Nothing has been said oftener of Mr. Morgan than that he was “a ‘bull’ on America.” One of his old friends disclosed, the other day, the origin of this “bullishness.” As is well known, Mr. Morgan was an optimist. His father’s temperament was the same, and the older man impressed upon his son—when he was returning to America more than half a century ago, to go into business—his own belief in this country and his faith in its future. “Any man who is a ‘bear’ on America is bound to fail,” he said. Coming from the lips of his father, whom during his life the son leaned on and respected, and whose memory he revered and honored, these words made an indelible impression on the young man’s mind; the more indelible as they confirmed his personal feeling and conviction and, in later years, his experience. As it turned out, his confidence in the country’s future was a potent factor in its material prosperity.
Current report has it that once, when Mr. Morgan invited into his firm a young man who had made a name for himself, he said, “I want you to come down here and ‘do things.’” Less well known—though as well worth preserving—is his word to another bright young man, in similar circumstances. Surprised no less than gratified at the invitation, the fortunate one exclaimed, “But what can I do for J. P. Morgan and Company?” “I don’t ask you to make money for us,” was the reply; “but we have a great many duties and responsibilities here, and I want you to come in and help us bear them.”
It is related that Mr. Morgan’s father once threatened to withdraw his power of attorney from the son, if the latter persisted in overworking. If the warning was given, it probably was heeded; but Mr. Morgan was always a great worker, though in his later years, at least, he realized the value of holidays, as is shown in the saying ascribed to him: “I can do a year’s work in nine months, but not in twelve.” Apropos is the legend that partnership in the Morgan house meant a short life, if not a merry one. Undoubtedly, all the members of the firm had their work cut out for them. It could not be otherwise in a house that stood at the top and meant to maintain its position. There was an immense amount of work to be done, and they were there to do it. But they were always men who liked to work; and the fact is that when a partner died or retired, it was at an age when death or retirement was not unnatural. There have been few exceptions to this rule. And one, at least, of Mr. Morgan’s former partners has survived his chief, though several years his senior.

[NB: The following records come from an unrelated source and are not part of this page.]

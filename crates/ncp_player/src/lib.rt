//! Message files and scripts for use in a program. It shows, checks, counts, audits and follows a file,
//! and converts it between versions; it plays and records scripts; and it has the command line with its
//! statuses. Bytes are read from sources and written to sinks, over std's readers and writers or
//! over memory.
//!
//! It has no code of its own. Each item is in a crate below, and so are the definitions that the
//! contracts cite: `specs/Lib.antt` re-exports these, so that a user of a call names only this
//! crate.
//!
//! ```text
//! let mut source = MemorySource::new(bytes, None);             // or FromRead::new(rt.stdin())
//! let mut sink = ToWrite::new(rt.stdout());
//! show(&mut source, &mut sink)?;                               // the lines of a message file
//! play_world::<PackedStore, _, _>(rt.alloc(), &mut source, &mut sink)?;    // or those of a script
//! ```
//!
//! - *Use:* `worked` of `ncp_test_program` goes through the players and the files.
//! - *Proved:* the output is a stated function of the input (clause `output` of each call), and no
//!   failure of a read or a write is hidden (`read_failed`, `write_failed`).
//! - *Tests:* `ncp_test_play`, `ncp_test_files`, the cases of `ncp_test_cases`, and the runs of
//!   `ncp_test_program`.
#![tactic(auto)]

pub use ncp_follow::Follower;
pub use ncp_play_audit::{Auditor, audit};
pub use ncp_play_command_line::{Order, Report, order};
pub use ncp_play_files::{FileFault, check, convert, count, show};
pub use ncp_play_follow::{follow, follow_text};
pub use ncp_play_host::play_host;
pub use ncp_play_notes::PlayFault;
pub use ncp_play_program::status;
pub use ncp_play_stream::{Failed, FromRead, MemorySink, MemorySource, Sink, Source, ToWrite};
pub use ncp_play_world::{play_world, record_world};
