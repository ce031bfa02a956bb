//! The queue of a host, next to what was observed of it.
ghost use Rattle.ncp_proof_monitor_allocation.specs.Waiting.{RequestWaits};

/// A receiver's RTS is queued, and its sender's STR has arrived: the host stores what was observed,
/// followed by this RTS.
pub fn a_request_waits()
    ensures { RequestWaits }
{}
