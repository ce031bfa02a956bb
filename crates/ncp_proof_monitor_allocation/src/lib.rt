//! The connections, echoes and allocation between two hosts, as observed at one host's interface,
//! next to that host's own state. What the host stores of a connection is what was observed of it,
//! followed by what is queued, and its numbers are those that it counts. Commands of either side
//! preserve this. The pending replies are in `ncp_proof_monitor_replies`.
//!
//! - *Use:* that no host is reported at its own interface relies on it (`ncp_proof_monitor_host`).
//! - *Proved:* the laws of `waiting` and `errors`, and lemmas for the crates above.
//! - *Tests:* the findings about wrong hosts are in the cases `audit_*` of `ncp_test_cases`.
#![tactic(auto)]

pub mod errors;
pub mod waiting;
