//! An ERR about a text, and one about a command.
ghost use Rattle.std.specs.Prelude.{◌≡◌, ◌∷◌, [], true, false};
ghost use Rattle.ncp_wire.specs.declared.command.Command.TheVariants.{All, Err};
ghost use Rattle.ncp_wire.specs.Spelling.{error_of};
ghost use Rattle.ncp_proof_monitor_allocation.specs.TextErrors.{is_text_error};

/// Worked cases: the first byte of its data distinguishes an ERR about a text from one about a
/// command.
pub fn errors_are_distinguished()
    ensures command { is_text_error (error_of 5 (All 2 1 8)) ≡ false }
    ensures text { is_text_error (Err 5 (0 ∷ 4 ∷ 0 ∷ 32 ∷ [])) ≡ true }
{}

Mr. Morgan’s own stalwart physique and capacity for work were an inheritance from his father, whose death, at seventy-seven, was due to an accident. Some of his indomitable energy must have come to him from his maternal grandfather and namesake, John Pierpont; for, when the Civil War began, that poet, patriot, preacher, and ardent reformer, after seventy-six strenuous years, had the pluck to enlist as a chaplain (though for a very brief service) and lived to be eighty-one years old.
It is recalled that at school Mr. Morgan was a writer of verse, but it does not appear whether this was due to the example of his grandfather, one of whose poems on the death of a child—“I Cannot Call Him Dead”—has gone into the anthologies.
An interesting incident relating to the poet is told me by a friend. During the Civil War, Father Pierpont (as he was called) was a clerk in the Treasury Department at Washington, and while there was often a visitor at the house of Paul H. Berkau, well remembered in Washington as president of the Schillerbund, a club for the study of German literature. The Berkaus were abolitionists, friends of Sumner and Julian, and other men of that faith, and this was a bond between them and their friend the poet. One day, when he came to see them, he found on the table a copy of his volume, “Airs of Palestine and Other Poems.” He took it up and wrote on the fly-leaf these lines:
“Shame! that my book should to my friend be sold
Rather than made a present of, or lent;
Sold, too, for paper, not so good as gold
By forty-eight or forty-nine per cent.